It would require convincing the Flink
folks to add such a new state type,
though.
Best,
Aljoscha
On Fri, Nov 12, 2021, at 04:35, Reuven
Lax wrote:
> OrderedListState
>
<https://github.com/apache/beam/blob/master/sdks/java/core/src/main/java/org/apache/beam/sdk/state/OrderedListState.java>
> was
> added to Beam over a year ago. To
date it is only supported by the
> Dataflow
> runner and the DirectRunner. I want
to see if it's possible to support
> this
> well on the Flink runner (and
eventually on other runners as well).
>
> This is a state type that is indexed
by an int64 sorting key (the Beam API
> exposes this as a 64-bit timestamp,
as that's the most-common use case, but
> fundamentally it's just an integer).
Users can insert element, fetch ranges
> of elements, and delete ranges of
elements.
>
> Is there any way to implement this
on Flink?

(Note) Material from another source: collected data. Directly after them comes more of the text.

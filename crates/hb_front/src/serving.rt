// A request of the front end: room for its entry first, then its answer.
ghost use Rattle.std.specs.Prelude.{◌≡◌, ◌≢◌, ◌+◌, ◌≤◌, ◌++◌, ◌∷◌, [], ℕ, Bool, true, false};
ghost use Rattle.hb_edge.specs.Causes.{Rose};
ghost use Rattle.hb_types.specs.declared.answer.Answer.TheVariants as answer;
ghost use Rattle.hb_types.specs.Calls.{IsRequest, may_pass};
ghost use Rattle.hb_runs.specs.Coordinator.{takes_none};
ghost use Rattle.hb_node.specs.Laws.{State, Images, asked_of, entry_of};
ghost use Rattle.hb_coord.specs.Law.{ends_in, faults_in, is_up_in, last_in};
ghost use Rattle.hb_coord.specs.Standing.{IsOwn};
ghost use Rattle.hb_front.specs.Fronting.{Explains, HasRoomFor, ends_nothing, idle_answer, leaves};

use crate::again::again;
use crate::front::Front;
use hb_edge::{Clock, Disk};
use hb_types::{Answer, Request, TrailEntry};

impl<D: Disk> Front<D> {
    /// Whether a request is an Abort that ends nothing.
    pub(crate) fn ends_nothing(&self, request: &Request) -> bool
        ensures { result ≡ ends_nothing self.now.coordinator.state request.now }
    {
        match request {
            Request::Abort { tx } => !self.coordinator.is_active(*tx),
            _ => false,
        }
    }

    /// What an Abort that ends nothing is answered.
    pub(crate) fn pass(&self, request: &Request) -> Answer
        requires { ends_nothing self.now.coordinator.state request.now ≡ true }
        ensures answer { result ≡ idle_answer self.now.coordinator.state }
        ensures own { IsOwn result }
        ensures passes { may_pass request.now result ≡ true }
        ensures no_fault { (area : Bool) → result ≡ answer.Fault area → ⊥ }
        ensures memory { result ≢ answer.NoMemory }
    {
        if self.coordinator.is_up() {
            Answer::Done
        } else {
            Answer::Down
        }
    }

    /// How much room there has to be before a request.
    fn wanted(&self, request: &Request) -> usize
        requires { ends_nothing self.now.coordinator.state request.now ≡ false }
        ensures enough { HasRoomFor self.now.coordinator.state request.now result }
        ensures few { result ≤ ends_in self.now.coordinator.state + 2 }
        ensures kept { takes_none request.now ≡ true → is_up_in self.now.coordinator.state ≡ true → result ≤ ends_in self.now.coordinator.state }
    {
        match request {
            Request::Begin { .. } | Request::Start => self.coordinator.ends() + 2,
            Request::Abort { .. } => self.coordinator.ends(),
            Request::Stop => 1,
            _ => self.coordinator.ends() + 1,
        }
    }

    /// Whether there is room for a request, after taking what is missing.
    pub(crate) fn has_room(&mut self, request: &Request) -> bool
        requires { ends_nothing self.old.coordinator.state request.now ≡ false }
        ensures coordinator { self.new.coordinator ≡ self.old.coordinator }
        ensures entries { self.new.trail.entries ≡ self.old.trail.entries }
        ensures kept { takes_none request.now ≡ true → is_up_in self.old.coordinator.state ≡ true → result ≡ true }
        ensures room { result ≡ true → HasRoomFor self.new.coordinator.state request.now self.new.trail.spare }
    {
        let missing = self.wanted(request).saturating_sub(self.trail.spare());
        missing == 0 || self.trail.room(missing as u32).is_ok()
    }

    /// A request that has its room.
    pub(crate) fn enter(&mut self, clock: &mut Clock, request: Request) -> Answer
        requires well_formed { IsRequest request }
        requires room { HasRoomFor self.old.coordinator.state request self.old.trail.spare }
        ensures own { IsOwn result }
        ensures entered { self.new.trail.entries ≡ self.old.trail.entries ++ entry_of request result clock.old clock.new ∷ [] }
        ensures law { (origin : State) → Explains D.content D.left D.last self.old.coordinator.state origin (asked_of self.old.trail.entries) → last_in D.last self.old.coordinator.state ≤ clock.old
            → Explains D.content D.left D.last self.new.coordinator.state origin (asked_of self.new.trail.entries) }
        ensures images { (origin : State) → Explains D.content D.left D.last self.old.coordinator.state origin (asked_of self.old.trail.entries) → last_in D.last self.old.coordinator.state ≤ clock.old
            → Images origin self.old.trail.entries self.new.trail.entries (entry_of request result clock.old clock.new) (leaves D.left self.old.coordinator.state) (leaves D.left self.new.coordinator.state) }
        ensures in_time { last_in D.last self.old.coordinator.state ≤ clock.old → last_in D.last self.new.coordinator.state ≤ clock.new }
        ensures fault { (area : Bool) → result ≡ answer.Fault area → Rose (faults_in D.faults self.old.coordinator.state) (faults_in D.faults self.new.coordinator.state) }
        ensures count { faults_in D.faults self.old.coordinator.state ≤ faults_in D.faults self.new.coordinator.state }
        ensures clock { clock.old ≤ clock.new }
        ensures memory { takes_none request ≡ true → result ≢ answer.NoMemory }
    {
        let from = clock.moment();
        let answer = self.coordinator.ask(clock, &request);
        let entered = again(self.alloc, &answer);
        self.trail.push(TrailEntry {
            caller: 0,
            nth: 0,
            request,
            answer: entered,
            from,
            to: clock.moment(),
        });
        answer
    }
}
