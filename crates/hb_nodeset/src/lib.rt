//! Sets of nodes: whether a node is in one, one with a node more, and its nodes in their order.
#![tactic(auto)]

mod sets;

pub use sets::{first_from, has, with};
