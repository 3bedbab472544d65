// Sets of nodes as bits.
ghost use Rattle.std.specs.Prelude.{◌≡◌, ◌≢◌, ◌≤◌, ◌+◌, ◌^◌, true, [], ◌∷◌, MatchOption};
ghost use Rattle.hb_model.specs.NodeSets.{has_node, with_node};
ghost use Rattle.hb_nodeset.specs.NodesFrom.{nodes_from};

use hb_types::{Left, NodeName};

/// The bit of a node from fes1 to mgr.
fn bit(node: u8) -> u16
    requires { node ≤ 10 }
    ensures { result ≡ 2 ^ node }
{
    1 << node
}

/// Whether the node is in the set. A node is 0 to 10.
pub fn has(set: Left, node: NodeName) -> bool
    requires { node.0 ≤ 10 }
    ensures { result ≡ has_node set.0 node.0 }
{
    set.0 / bit(node.0) % 2 == 1
}

/// The set with the node.
pub fn with(set: Left, node: NodeName) -> Left
    requires { node.0 ≤ 10 }
    ensures { result.0 ≡ with_node set.0 node.0 }
{
    if has(set, node) {
        set
    } else {
        Left(set.0 + bit(node.0))
    }
}

/// The first node of the set from this number on.
pub fn first_from(set: Left, from: u8) -> Option<NodeName>
    ensures { MatchOption result (nodes_from set.0 from ≡ []) (λ n. (from ≤ n.0) × (n.0 ≤ 10) × (has_node set.0 n.0 ≡ true) × (nodes_from set.0 from ≡ n.0 ∷ nodes_from set.0 (n.0 + 1))) }
{
    let mut node = from;
    while node <= 10 {
        if has(set, NodeName(node)) {
            return Some(NodeName(node));
        }
        node += 1;
    }
    None
}
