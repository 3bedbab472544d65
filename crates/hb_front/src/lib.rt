//! The front end as a node: the coordinator, and a trail of its requests.
//!
//! A call costs what it costs at the coordinator, and room for an entry or two: a Begin takes the room of its Abort, a Start that of
//! its Stop. An Abort that ends nothing is left out of the trail.
#![tactic(auto)]

mod again;
mod front;
mod node;
mod serving;

pub use front::Front;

I could of course add a
> naive implementation - store
everything in a ListState and have the
Flink
> runner sort the list every time it
is fetched. This seems quite
> inefficient, and the range deletes
will be even less efficient.
>
https://issues.apache.org/jira/browse/FLINK-6219
seems to imply that Flink
> has considered sorted state
primitives, but I don't see any
activity on
> this issue.
>
> Is there any way to do this, or
should I just add the naive
implementation?
>
> Reuven